REPUBLIKA.CO.ID, JAKARTA -- Kementerian Keuangan (Kemenkeu) menegaskan penggunaan mata uang virtual (cryptocurrency) sebagai alat transaksi hingga saat ini tidak memiliki landasan formal. Melalui siaran pers yang diterima di Jakarta, Selasa (23/1), Kemenkeu mendukung kebijakan Bank Indonesia selaku otoritas moneter dan sistem pembayaran untuk tidak mengakui mata uang virtual sebagai alat pembayaran yang sah.
Kepala Biro Komunikasi dan Layanan Informasi Sekretariat Jenderal Kemenkeu, Nufransa Wira Sakti, mengatakan hal tersebut mengacu pada Undang-Undang Nomor 7 Tahun 2011 tentang Mata Uang. Dalam peraturan tersebut ditegaskan mengenai kewajiban penggunaan mata uang rupiah di wilayah Negara Kesatuan Republik Indonesia untuk setiap transaksi yang mempunyai tujuan pembayaran atau kewajiban lain yang harus dipenuhi dengan uang.
Selain itu, mata uang virtual rawan digunakan untuk transaksi ilegal, pencucian uang, dan pendanaan terorisme mengingat belum adanya otoritas yang mengatur dan mengawasi. "Kondisi transaksi semacam itu dapat merugikan masyarakat karena membuka peluang terhadap tindak penipuan dan kejahatan dalam berbagai bentuk," kata Nufransa.

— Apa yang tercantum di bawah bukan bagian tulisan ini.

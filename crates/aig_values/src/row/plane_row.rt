//! Rows of two planes of bits: which cells are 1, and which are 0. A cell of neither is x.
ghost use Rattle.std.specs.Prelude.{◌≡◌, ℕ, ◌+◌, ◌-◌, ◌*◌, ◌<◌, ◌≤◌, IfOk, IsTrue, All, length, map, vec_len};
ghost use Rattle.std.specs.Prelude.{slice_index, slice_index_or};
ghost use Rattle.aig_parts.specs.declared.ternary.Tern.TheVariants.{X};
ghost use Rattle.aig_parts.specs.Formed.{limit};
ghost use Rattle.aig_parts.specs.Literal.{variable};
ghost use Rattle.aig_values.specs.Cells.{fresh_row};
ghost use Rattle.aig_values.specs.Characters.{character};
ghost use Rattle.aig_values.specs.TraceText.{literal_character};
ghost use Rattle.aig_values.specs.state.Padded.{IsRowSize};
ghost use Rattle.aig_values.specs.state.Words.{spelled, value_in, group_value, AreWhole};

use crate::code::Code;
use crate::row::cell_row::CellRow;
use crate::row::first_of_contiguous;
use crate::row::literal_codes::{CODES, sweep_words};
use crate::row::planes::{
    CELLS, ZERO, bits_from, change, code_of, flip, group_of, literal_bits, spread, word_bits,
};
use aig_parts::{Gate, Lit, Tern};
use std::alloc::{AllocError, Global};
use std::marker::Model;

/// How many gates a sweep has at least, in all and a word, where unpacking the row is faster.
const GATES: usize = 16;

const WORD_GATES: usize = 8;

/// How many cells are spelled at once.
const GROUP: usize = 4;

/// The characters of four cells by four bits of ones and four of zeros.
const CHARACTERS: [u8; 1024] = [
    120, 120, 120, 120, 49, 120, 120, 120, 120, 49, 120, 120, 49, 49, 120, 120, 120, 120, 49, 120,
    49, 120, 49, 120, 120, 49, 49, 120, 49, 49, 49, 120, 120, 120, 120, 49, 49, 120, 120, 49, 120,
    49, 120, 49, 49, 49, 120, 49, 120, 120, 49, 49, 49, 120, 49, 49, 120, 49, 49, 49, 49, 49, 49,
    49, 48, 120, 120, 120, 49, 120, 120, 120, 48, 49, 120, 120, 49, 49, 120, 120, 48, 120, 49, 120,
    49, 120, 49, 120, 48, 49, 49, 120, 49, 49, 49, 120, 48, 120, 120, 49, 49, 120, 120, 49, 48, 49,
    120, 49, 49, 49, 120, 49, 48, 120, 49, 49, 49, 120, 49, 49, 48, 49, 49, 49, 49, 49, 49, 49,
    120, 48, 120, 120, 49, 48, 120, 120, 120, 49, 120, 120, 49, 49, 120, 120, 120, 48, 49, 120, 49,
    48, 49, 120, 120, 49, 49, 120, 49, 49, 49, 120, 120, 48, 120, 49, 49, 48, 120, 49, 120, 49,
    120, 49, 49, 49, 120, 49, 120, 48, 49, 49, 49, 48, 49, 49, 120, 49, 49, 49, 49, 49, 49, 49, 48,
    48, 120, 120, 49, 48, 120, 120, 48, 49, 120, 120, 49, 49, 120, 120, 48, 48, 49, 120, 49, 48,
    49, 120, 48, 49, 49, 120, 49, 49, 49, 120, 48, 48, 120, 49, 49, 48, 120, 49, 48, 49, 120, 49,
    49, 49, 120, 49, 48, 48, 49, 49, 49, 48, 49, 49, 48, 49, 49, 49, 49, 49, 49, 49, 120, 120, 48,
    120, 49, 120, 48, 120, 120, 49, 48, 120, 49, 49, 48, 120, 120, 120, 49, 120, 49, 120, 49, 120,
    120, 49, 49, 120, 49, 49, 49, 120, 120, 120, 48, 49, 49, 120, 48, 49, 120, 49, 48, 49, 49, 49,
    48, 49, 120, 120, 49, 49, 49, 120, 49, 49, 120, 49, 49, 49, 49, 49, 49, 49, 48, 120, 48, 120,
    49, 120, 48, 120, 48, 49, 48, 120, 49, 49, 48, 120, 48, 120, 49, 120, 49, 120, 49, 120, 48, 49,
    49, 120, 49, 49, 49, 120, 48, 120, 48, 49, 49, 120, 48, 49, 48, 49, 48, 49, 49, 49, 48, 49, 48,
    120, 49, 49, 49, 120, 49, 49, 48, 49, 49, 49, 49, 49, 49, 49, 120, 48, 48, 120, 49, 48, 48,
    120, 120, 49, 48, 120, 49, 49, 48, 120, 120, 48, 49, 120, 49, 48, 49, 120, 120, 49, 49, 120,
    49, 49, 49, 120, 120, 48, 48, 49, 49, 48, 48, 49, 120, 49, 48, 49, 49, 49, 48, 49, 120, 48, 49,
    49, 49, 48, 49, 49, 120, 49, 49, 49, 49, 49, 49, 49, 48, 48, 48, 120, 49, 48, 48, 120, 48, 49,
    48, 120, 49, 49, 48, 120, 48, 48, 49, 120, 49, 48, 49, 120, 48, 49, 49, 120, 49, 49, 49, 120,
    48, 48, 48, 49, 49, 48, 48, 49, 48, 49, 48, 49, 49, 49, 48, 49, 48, 48, 49, 49, 49, 48, 49, 49,
    48, 49, 49, 49, 49, 49, 49, 49, 120, 120, 120, 48, 49, 120, 120, 48, 120, 49, 120, 48, 49, 49,
    120, 48, 120, 120, 49, 48, 49, 120, 49, 48, 120, 49, 49, 48, 49, 49, 49, 48, 120, 120, 120, 49,
    49, 120, 120, 49, 120, 49, 120, 49, 49, 49, 120, 49, 120, 120, 49, 49, 49, 120, 49, 49, 120,
    49, 49, 49, 49, 49, 49, 49, 48, 120, 120, 48, 49, 120, 120, 48, 48, 49, 120, 48, 49, 49, 120,
    48, 48, 120, 49, 48, 49, 120, 49, 48, 48, 49, 49, 48, 49, 49, 49, 48, 48, 120, 120, 49, 49,
    120, 120, 49, 48, 49, 120, 49, 49, 49, 120, 49, 48, 120, 49, 49, 49, 120, 49, 49, 48, 49, 49,
    49, 49, 49, 49, 49, 120, 48, 120, 48, 49, 48, 120, 48, 120, 49, 120, 48, 49, 49, 120, 48, 120,
    48, 49, 48, 49, 48, 49, 48, 120, 49, 49, 48, 49, 49, 49, 48, 120, 48, 120, 49, 49, 48, 120, 49,
    120, 49, 120, 49, 49, 49, 120, 49, 120, 48, 49, 49, 49, 48, 49, 49, 120, 49, 49, 49, 49, 49,
    49, 49, 48, 48, 120, 48, 49, 48, 120, 48, 48, 49, 120, 48, 49, 49, 120, 48, 48, 48, 49, 48, 49,
    48, 49, 48, 48, 49, 49, 48, 49, 49, 49, 48, 48, 48, 120, 49, 49, 48, 120, 49, 48, 49, 120, 49,
    49, 49, 120, 49, 48, 48, 49, 49, 49, 48, 49, 49, 48, 49, 49, 49, 49, 49, 49, 49, 120, 120, 48,
    48, 49, 120, 48, 48, 120, 49, 48, 48, 49, 49, 48, 48, 120, 120, 49, 48, 49, 120, 49, 48, 120,
    49, 49, 48, 49, 49, 49, 48, 120, 120, 48, 49, 49, 120, 48, 49, 120, 49, 48, 49, 49, 49, 48, 49,
    120, 120, 49, 49, 49, 120, 49, 49, 120, 49, 49, 49, 49, 49, 49, 49, 48, 120, 48, 48, 49, 120,
    48, 48, 48, 49, 48, 48, 49, 49, 48, 48, 48, 120, 49, 48, 49, 120, 49, 48, 48, 49, 49, 48, 49,
    49, 49, 48, 48, 120, 48, 49, 49, 120, 48, 49, 48, 49, 48, 49, 49, 49, 48, 49, 48, 120, 49, 49,
    49, 120, 49, 49, 48, 49, 49, 49, 49, 49, 49, 49, 120, 48, 48, 48, 49, 48, 48, 48, 120, 49, 48,
    48, 49, 49, 48, 48, 120, 48, 49, 48, 49, 48, 49, 48, 120, 49, 49, 48, 49, 49, 49, 48, 120, 48,
    48, 49, 49, 48, 48, 49, 120, 49, 48, 49, 49, 49, 48, 49, 120, 48, 49, 49, 49, 48, 49, 49, 120,
    49, 49, 49, 49, 49, 49, 49, 48, 48, 48, 48, 49, 48, 48, 48, 48, 49, 48, 48, 49, 49, 48, 48, 48,
    48, 49, 48, 49, 48, 49, 48, 48, 49, 49, 48, 49, 49, 49, 48, 48, 48, 48, 49, 49, 48, 48, 49, 48,
    49, 48, 49, 49, 49, 48, 49, 48, 48, 49, 49, 49, 48, 49, 49, 48, 49, 49, 49, 49, 49, 49, 49,
];

// Writes the characters of four cells, from a place on.
fn spell_group(text: &mut [u8], at: usize, group: usize)
    requires group { group < 256 }
    requires room { at + 4 ≤ length text.old }
    ensures there { (k : ℕ) → k < 4 → slice_index text.new (at + k) ≡ character (group_value group k) }
    ensures before { (k : ℕ) → k < at → slice_index text.new k ≡ slice_index text.old k }
{
    let first = GROUP * group;
    text[at] = CHARACTERS[first];
    text[at + 1] = CHARACTERS[first + 1];
    text[at + 2] = CHARACTERS[first + 2];
    text[at + 3] = CHARACTERS[first + 3];
}

// The character of the first of the cells whose bits these are.
fn character_of(bits: u64) -> u8
    ensures { result ≡ character (value_in bits 0) }
{
    CHARACTERS[GROUP * group_of(bits)]
}

// Writes the characters of the cells whose bits these are, from a place up to another one, four at a time.
fn spell_word(text: &mut [u8], from: usize, end: usize, bits: u64)
    requires range { from ≤ end }
    requires room { end ≤ length text.old }
    ensures there { (k : ℕ) → from + k < end → slice_index text.new (from + k) ≡ character (value_in bits k) }
    ensures before { (k : ℕ) → k < from → slice_index text.new k ≡ slice_index text.old k }
{
    let mut rest = bits;
    let mut at = from;
    while end - at >= GROUP {
        spell_group(text, at, group_of(rest));
        rest /= 16;
        at += GROUP;
    }
    while at < end {
        text[at] = character_of(rest);
        rest /= 2;
        at += 1;
    }
}

// Writes the characters of the cells from a variable on, word by word.
fn spell_cells(text: &mut [u8], words: &[u64], first: usize)
    requires { first + length text.old ≤ 32 * length words.now }
    ensures { (k : ℕ) → k < length text.old →
        slice_index text.new k ≡ character (slice_index_or (spelled words.now) (first + k) X) }
{
    let mut index = first / CELLS;
    let mut place = first % CELLS;
    let mut at = 0;
    while at < text.len() {
        let end = text.len().min(at + (CELLS - place));
        spell_word(text, at, end, word_bits(words, index, place));
        at = end;
        index += 1;
        place = 0;
    }
}

// The character of the value of a literal.
fn character_at(words: &[u64], literal: Lit) -> u8
    requires cells { variable literal < 32 * length words.now }
    requires whole { AreWhole words.now }
    ensures { result ≡ literal_character (spelled words.now) literal }
{
    character_of(literal_bits(words, literal))
}

// Writes the characters of literals, one by one.
fn spell_each(text: &mut [u8], words: &[u64], literals: &[Lit])
    requires cells { All (λ l. variable l < 32 * length words.now) literals.now }
    requires room { length text.old ≡ length literals.now }
    requires whole { AreWhole words.now }
    ensures { text.new ≡ map (literal_character (spelled words.now)) literals.now }
{
    for (place, literal) in literals.iter().enumerate() {
        text[place] = character_at(words, *literal);
    }
}

/// A row of cells, as many as its words have room for. Contracts see the values.
#[derive(Drop)]
pub struct PlaneRow {
    words: Vec<u64>,
}

impl Model for PlaneRow {
    ghost use Rattle.std.specs.Prelude.{List};
    ghost use Rattle.aig_parts.specs.declared.ternary.Tern.{Tern};

    ghost Value = { List Tern };

    ghost use Rattle.aig_values.specs.state.Words.{spelled, AreWhole};

    ghost view = { λ row. spelled row.words.items };

    ghost invariant = { λ row. AreWhole row.words.items };
}

// Makes codes for so many words, where there are fewer. Answers whether there are enough.
fn make_codes(codes: &mut Vec<Code>, words: usize) -> bool
    ensures { IsTrue result → 64 * words ≤ vec_len codes.new }
{
    match words.checked_mul(CODES) {
        Some(size) => codes.len() >= size || codes.resize(size, Code::of(Tern::X)).is_ok(),
        None => false,
    }
}

// How many words have room for this many cells.
fn word_count(size: usize) -> usize
    requires { size ≤ limit + 1 }
    ensures least { size ≤ 32 * result }
    ensures most { 32 * result < size + 32 }
{
    (size + (CELLS - 1)) / CELLS
}

// A row with room for this many cells at least, in this memory: 0 at variable 0, x everywhere else.
fn fresh(mut words: Vec<u64>, size: usize) -> Result<PlaneRow, AllocError>
    requires { IsRowSize size }
    ensures { IfOk result (λ row. (room : ℕ) × (size ≤ room) × (row ≡ fresh_row room)) }
{
    words.clear();
    words.resize(word_count(size), 0)?;
    words[0] = ZERO;
    Ok(PlaneRow { words })
}

impl CellRow for PlaneRow {
    ghost cells = { λ row. row };

    fn new(alloc: Global, size: usize) -> Result<PlaneRow, AllocError> {
        fresh(Vec::with_capacity(alloc, word_count(size))?, size)
    }

    fn renewed(self, _alloc: Global, size: usize) -> Result<PlaneRow, AllocError> {
        fresh(self.words, size)
    }

    fn make_room(&mut self, size: usize) -> Result<(), AllocError> {
        if self.words.len() < word_count(size) {
            self.words.push(0)?;
        }
        Ok(())
    }

    fn get(&self, variable: usize) -> Code {
        code_of(bits_from(&self.words, variable))
    }

    fn literal(&self, literal: Lit) -> Code {
        code_of(literal_bits(&self.words, literal))
    }

    fn set(&mut self, variable: usize, code: Code) {
        let bits = spread(code);
        let changed = change(bits_from(&self.words, variable), bits, bits);
        flip(&mut self.words, variable, changed);
    }

    fn evaluate(&mut self, gate: Gate) -> bool {
        let first = literal_bits(&self.words, gate.rhs0);
        let second = literal_bits(&self.words, gate.rhs1);
        let variable = gate.lhs.var() as usize;
        let changed = change(
            bits_from(&self.words, variable),
            first & second,
            first | second,
        );
        if changed == 0 {
            return false;
        }
        flip(&mut self.words, variable, changed);
        true
    }

    fn spell(&self, text: &mut [u8], literals: &[Lit]) {
        match first_of_contiguous(literals) {
            Some(first) => spell_cells(text, &self.words, first),
            None => spell_each(text, &self.words, literals),
        }
    }

    fn sweep_at_once(&mut self, codes: &mut Vec<Code>, gates: &[Gate]) -> bool {
        let words = self.words.len();
        let are_many = gates.len() >= GATES && gates.len() / WORD_GATES >= words;
        let is_faster = are_many && make_codes(codes, words);
        if is_faster {
            sweep_words(&mut self.words, &mut codes[..CODES * words], gates);
        }
        is_faster
    }
}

Transaksi mata uang virtual yang spekulatif juga dapat menimbulkan risiko penggelembungan nilai yang berpotensi mengganggu stabilitas sistem keuangan.
Oleh karena itu, Kemenkeu akan bekerja sama dengan otoritas keuangan lain untuk mencermati perkembangan penggunaan mata uang virtual berbasis "distributed ledger technology", seperti Bitcoin.
Kemenkeu juga akan mengambil langkah terukur yang diperlukan untuk memitigasi risiko peredaran dan penggunaan mata uang virtual dalam rangka menjaga kepentingan masyarakat serta menjaga kredibilitas dan stabilitas sistem keuangan.